Prompt → For every line of the material below, check for the string "ServerId" and return the line if it is there.

* * * *

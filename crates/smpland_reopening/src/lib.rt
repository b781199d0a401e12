//! A reopening under a document: who takes part in it by names, what is proposed and chosen, and the driver that
//! comes of it. It reads and writes no text.
#![tactic(auto)]

mod answers;
mod beginning;
mod choice;
mod confirming;
mod fault;
mod force;
mod kept;
mod marks;
mod members;
mod numbering;
mod opening;
mod proposal;
mod reopening;
mod roles;
mod unknown_shard;
mod waiting;

pub use choice::Choice;
pub use fault::{ConfirmRefusal, ReopenFault};
pub use proposal::{Proposal, ShortFloor};
pub use reopening::DocumentReopening;
pub use unknown_shard::UnknownShard;
pub use waiting::Stage;
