//! Why a reopening does not begin, and why nothing is confirmed.
ghost use Rattle.std.specs.Prelude.{◌≡◌};

use sm_placement::{ConfigFault, OpenFault};
use sm_reopening::{ConfirmFault, Party};
use sm_server::{ServerId, ShardId};
use std::alloc::AllocError;

/// Why a reopening does not begin.
#[derive(Clone, Copy, Debug, PartialEq, Eq)]
pub enum ReopenFault {
    NoMemory,
    /// The document names the cell of a shard at a server twice.
    DoubleCell { shard: ShardId, server: ServerId },
    /// The document has two primaries of the shard, or a handover.
    BadLead { shard: ShardId },
    /// The document has the server, which is said to be lost.
    LostServer { server: ServerId },
    /// More servers or shards would have numbers than a configuration has.
    TooMany,
}

impl From<AllocError> for ReopenFault {
    ghost use Rattle.smpland_reopening.specs.declared.fault.ReopenFault.TheVariants.{NoMemory};

    ghost from_gives = { λ _ why. why ≡ NoMemory };

    fn from(_error: AllocError) -> Self {
        ReopenFault::NoMemory
    }
}

/// Why nothing is confirmed. Servers and shards have the numbers of the reopening.
#[derive(Clone, Copy, Debug, PartialEq, Eq)]
pub enum ConfirmRefusal {
    NoMemory,
    /// The party has to answer the fence before.
    Missing { party: Party },
    /// The shard may be lost, and is not named; or it is named, and is not among those that may be lost.
    Unnamed { shard: ShardId },
    /// The placement that was chosen is none.
    Placement(OpenFault),
    /// The chosen cells are not what may be settled.
    Cells(ConfirmFault),
    /// A server has a shard that nobody knows.
    UnknownShard,
}

impl From<AllocError> for ConfirmRefusal {
    ghost use Rattle.smpland_reopening.specs.declared.fault.ConfirmRefusal.TheVariants.{NoMemory};

    ghost from_gives = { λ _ why. why ≡ NoMemory };

    fn from(_error: AllocError) -> Self {
        ConfirmRefusal::NoMemory
    }
}

impl From<OpenFault> for ConfirmRefusal {
    ghost use Rattle.smpland_reopening.specs.Faults.{refusal_by};

    ghost from_gives = { λ fault why. why ≡ refusal_by fault };

    fn from(fault: OpenFault) -> Self {
        match fault {
            OpenFault::NoMemory => ConfirmRefusal::NoMemory,
            other => ConfirmRefusal::Placement(other),
        }
    }
}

* * * *

Written solution →
use sm_server::{ServerId, ShardId};
    DoubleCell { shard: ShardId, server: ServerId },
    LostServer { server: ServerId },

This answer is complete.